Set during an October weekend in the late 1950s, Clark's unintentionally hilarious novel tells of 19-year-old Miller and his affair with a teacher named Yvonne, who is 10 years his senior and married to a drunken university professor. Miller is earning some extra money by working at a club where Yvonne's sister is getting married; Yvonne apparently has had her eye on the young man for a while. Her first words expose her as a complete nightmare: an extraordinarily pretentious character, she has, it seems, memorized all of literature and cannot stop flinging bits of it around.
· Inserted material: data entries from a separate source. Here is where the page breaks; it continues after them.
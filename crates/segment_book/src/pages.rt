//! Pages of a flow's segments.
ghost use Rattle.std.specs.Prelude.{◌≡◌, ◌<◌, IfOk, filter, length, take};
ghost use Rattle.media_rows.specs.Lists.{items_past, last_key};
ghost use Rattle.media_rows.specs.Segments.{first_point, names_object};
ghost use Rattle.shared_tree.specs.Pairs.{values_of};
ghost use Rattle.segment_index.specs.Answers.{met};
ghost use Rattle.segment_book.specs.Within.Paging.{IsFront, front_len, last_point_behind, shown_rows};

use crate::book::first_point;
use disk_trait::{Duplicate, Memory, Text};
use media_rows::{Page, SegmentFilter, SegmentList, SegmentRow, View};
use segment_index::SegmentIndex;
use shared_tree::Steps;
use std::alloc::Global;
use std::sync::ledger::{Blank, Ledger};

/// The segments of a flow that lie past a page's key, in its direction, have a point in the range and name the
/// object: at least one more than the page has, where there are so many. Where an object is asked for, all of
/// them are looked at. The steps aren't anybody's.
pub(crate) fn rows_past<'a, L: Ledger>(
    alloc: Global,
    index: &'a SegmentIndex,
    wanted: &SegmentFilter,
    page: &Page,
    blank: Blank,
) -> Result<Vec<&'a SegmentRow>, Memory>
    requires name { blank.name ≡ L.name }
    requires parts { blank.parts ≡ L.parts }
    requires one { 0 < L.parts }
    ensures { IfOk result (λ rows. IsFront page.now.limit (values_of rows.items)
        (items_past first_point page.now
        (filter (names_object wanted.now.object) (met index.now wanted.now.range)))) }
{
    let count = few(index)?;
    let most = front_len(count, &wanted.object, page.limit);
    let front = Page {
        after: page.after,
        limit: most,
        reverse: page.reverse,
    };
    let mut steps = Steps::<L>::new(blank);
    let mut rows = Vec::with_capacity(alloc, most as usize)?;
    index.range(&wanted.range, &front, &mut rows, &mut steps);
    named(alloc, &rows, &wanted.object)
}

/// The number of an index's segments, of which there are fewer than the last value of a `u64`.
pub(crate) fn few(index: &SegmentIndex) -> Result<u64, Memory>
    ensures { IfOk result (λ count. count ≡ length index.now) }
{
    let count = index.len();
    if count == u64::MAX {
        return Err(Memory);
    }
    Ok(count)
}

/// How many segments of so many to look at for a page: all where an object is asked for, and otherwise one more
/// than the page has.
fn front_len(count: u64, object: &Option<Text>, limit: u64) -> u64
    ensures { result ≡ front_len count object.now limit }
{
    match object {
        Some(_) => count,
        None => { if limit < count { limit + 1 } else { count } }
    }
}

/// The segments that name the object, where one is asked for.
fn named<'a>(
    alloc: Global,
    rows: &[&'a SegmentRow],
    object: &Option<Text>,
) -> Result<Vec<&'a SegmentRow>, Memory>
    ensures { IfOk result (λ kept. values_of kept.items
        ≡ filter (names_object object.now) (values_of rows.now)) }
{
    let mut kept = Vec::new(alloc);
    for row in rows {
        if names_object(object, row) {
            kept.push(*row)?;
        }
    }
    Ok(kept)
}

/// Whether a segment names the object, where one is asked for.
fn names_object(object: &Option<Text>, row: &SegmentRow) -> bool
    ensures { result ≡ names_object object.now row.now }
{
    match object {
        Some(object) => row.segment.object.bytes() == object.bytes(),
        None => true,
    }
}

/// The page of the first so many segments, with the key of the next page where there are more.
pub(crate) fn shown(alloc: Global, rows: &[&SegmentRow], limit: u64) -> Result<View, Memory>
    ensures { IfOk result (λ view. view ≡ shown_rows limit (values_of rows.now)) }
{
    let mut list = SegmentList::new(alloc);
    let page = first_rows(rows, limit);
    for row in page {
        list.push(row.duplicate(alloc)?)?;
    }
    Ok(View::Segments(list, key_behind(rows, limit)))
}

/// The first so many segments.
fn first_rows<'a, 'b>(rows: &'b [&'a SegmentRow], limit: u64) -> &'b [&'a SegmentRow]
    ensures { values_of result.now ≡ take limit (values_of rows.now) }
{
    if limit < rows.len() as u64 {
        &rows[..limit as usize]
    } else {
        rows
    }
}

/// The first point of the last of the first so many segments, where there are more.
fn key_behind(rows: &[&SegmentRow], limit: u64) -> Option<i128>
    ensures { result ≡ last_point_behind limit (values_of rows.now) }
{
    if limit < rows.len() as u64 {
        last_start(first_rows(rows, limit))
    } else {
        None
    }
}

/// The first point of the last segment, where there is one.
fn last_start(rows: &[&SegmentRow]) -> Option<i128>
    ensures { result ≡ last_key first_point (values_of rows.now) }
{
    match rows.last() {
        Some(last) => Some(first_point(*last)),
        None => None,
    }
}
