//! What stands in a set of values of a type (X.680 50).

ghost use Rattle.asn_meaning_heads.specs.Places.{shown_place};
ghost use Rattle.asn_needs.specs.PartsOfConstraints.{set_parts};
ghost use Rattle.asn_needs.specs.Sites.{beside, ASet, AnElement};
ghost use Rattle.asn_places_types.specs.Forms.{shown_asked, shown_form};
ghost use Rattle.asn_places_types.specs.Sites.{shown_around, shown_sites};
ghost use Rattle.asn_tree.specs.declared.constraints.ElementOrSetOperation.{out-ElementOrSetOperation};
ghost use Rattle.asn_tree.specs.declared.constraints.SetOperation.{out-SetOperation};
ghost use Rattle.std.specs.Option.{option_map};
ghost use Rattle.std.specs.Prelude.{◌≡◌, ◌++◌, ◌∷◌, [], IfOk};

use asn_meaning_heads::Place;
use asn_memory::{Box, List, Mem};
use asn_places_types::{Around, Asked, Form, OnElement, OnSet, Site, governor_copied, with_site};
use asn_tree::{ElementOrSetOperation, SetOperation, SubtypeElement};
use std::alloc::Global;
use std::rc::Rc;

/// A set of values of a type.
///
/// Err: want of memory.
fn on_set<'a>(
    alloc: Global,
    asked: Asked,
    place: Option<&Place<'a>>,
    set: &'a ElementOrSetOperation,
) -> Mem<Form<'a>>
    ensures { IfOk result (λ form. shown_form form ≡ ASet (shown_asked asked) set.now (option_map (λ p. shown_place p.now) place.entry)) }
{
    let place = governor_copied(alloc, place)?;
    let on = Box::new(alloc, OnSet { set, place })?;
    Ok(Form::ASet(asked, on))
}

/// An element of a set of values of a type.
///
/// Err: want of memory.
fn on_element<'a>(
    alloc: Global,
    asked: Asked,
    place: Option<&Place<'a>>,
    element: &'a SubtypeElement,
) -> Mem<Form<'a>>
    ensures { IfOk result (λ form. shown_form form ≡ AnElement (shown_asked asked) element.now (option_map (λ p. shown_place p.now) place.entry)) }
{
    let place = governor_copied(alloc, place)?;
    let on = Box::new(alloc, OnElement { element, place })?;
    Ok(Form::AnElement(asked, on))
}

/// The sites with a set of values of a type.
///
/// Err: want of memory.
pub fn with_set_on<'a>(
    alloc: Global,
    sites: List<Site<'a>>,
    around: &Rc<Around<'a>>,
    asked: Asked,
    place: Option<&Place<'a>>,
    set: &'a ElementOrSetOperation,
) -> Mem<List<Site<'a>>>
    ensures { IfOk result (λ more. shown_sites more ≡ shown_sites sites.entry ++ beside (shown_around around.now.value) (ASet (shown_asked asked) set.now (option_map (λ p. shown_place p.now) place.entry)) ∷ []) }
{
    let form = on_set(alloc, asked, place, set)?;
    let sites = with_site(sites, around, form)?;
    Ok(sites)
}

/// The sites with an element of a set of values of a type.
///
/// Err: want of memory.
fn with_element_on<'a>(
    alloc: Global,
    sites: List<Site<'a>>,
    around: &Rc<Around<'a>>,
    asked: Asked,
    place: Option<&Place<'a>>,
    element: &'a SubtypeElement,
) -> Mem<List<Site<'a>>>
    ensures { IfOk result (λ more. shown_sites more ≡ shown_sites sites.entry ++ beside (shown_around around.now.value) (AnElement (shown_asked asked) element.now (option_map (λ p. shown_place p.now) place.entry)) ∷ []) }
{
    let form = on_element(alloc, asked, place, element)?;
    let sites = with_site(sites, around, form)?;
    Ok(sites)
}

/// The sites with an element, and with the set behind its operator.
///
/// Err: want of memory.
#[tactic(auto, using(asn_places_types::proofs::Adding::then_cons))]
fn with_operation<'a>(
    alloc: Global,
    sites: List<Site<'a>>,
    around: &Rc<Around<'a>>,
    asked: Asked,
    place: Option<&Place<'a>>,
    operation: &'a SetOperation,
) -> Mem<List<Site<'a>>>
    ensures { IfOk result (λ more. shown_sites more ≡ shown_sites sites.entry ++ beside (shown_around around.now.value) (AnElement (shown_asked asked) (out-SetOperation operation.now).base (option_map (λ p. shown_place p.now) place.entry)) ∷ beside (shown_around around.now.value) (ASet (shown_asked asked) (out-SetOperation operation.now).operant (option_map (λ p. shown_place p.now) place.entry)) ∷ []) }
{
    let sites = with_element_on(alloc, sites, around, asked, place, &operation.base)?;
    let sites = with_set_on(alloc, sites, around, asked, place, operation.operant.get())?;
    Ok(sites)
}

/// The sites with what stands in a set of values of a type, where the type is known.
///
/// Err: want of memory.
pub fn with_set<'a>(
    alloc: Global,
    sites: List<Site<'a>>,
    around: &Rc<Around<'a>>,
    asked: Asked,
    place: Option<&Place<'a>>,
    set: &'a ElementOrSetOperation,
) -> Mem<List<Site<'a>>>
    ensures { IfOk result (λ more. shown_sites more ≡ shown_sites sites.entry ++ set_parts (shown_around around.now.value) (shown_asked asked) (option_map (λ p. shown_place p.now) place.entry) (out-ElementOrSetOperation set.now)) }
{
    match set {
        ElementOrSetOperation::Element(element) => {
            let sites = with_element_on(alloc, sites, around, asked, place, element)?;
            Ok(sites)
        }
        ElementOrSetOperation::SetOperation(operation) => {
            let sites = with_operation(alloc, sites, around, asked, place, operation)?;
            Ok(sites)
        }
    }
}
When she gives Miller a "Petoskey stone," she launches into a page-long explanation of its origins and geological history, complete with a quote from Heart of Darkness. But it gets worse. Immediately after sex, Yvonne says, "My darling lover who brings me the 'little death' and lovely arrowheads and many other things I cherish. Come here, lover, and please think kindly of me in the years to come...." Miller's not immune, either: he weirdly vacillates between expressions like "tire-iron stiff prick" and "I recalled a line from Sir Philip Sidney." Even after the two lovers stumble upon the body of Yvonne's husband, who has died of carbon monoxide poisoning, she cannot resist pontificating on his complexion: "The hemoglobin in blood, that makes it red? It bonded with the carbon monoxide instead of oxygen, that's why he looks like this." Flashbacks separate the chapters; while they serve no real purpose, at least they offer a respite from the horrible Yvonne. (Oct.)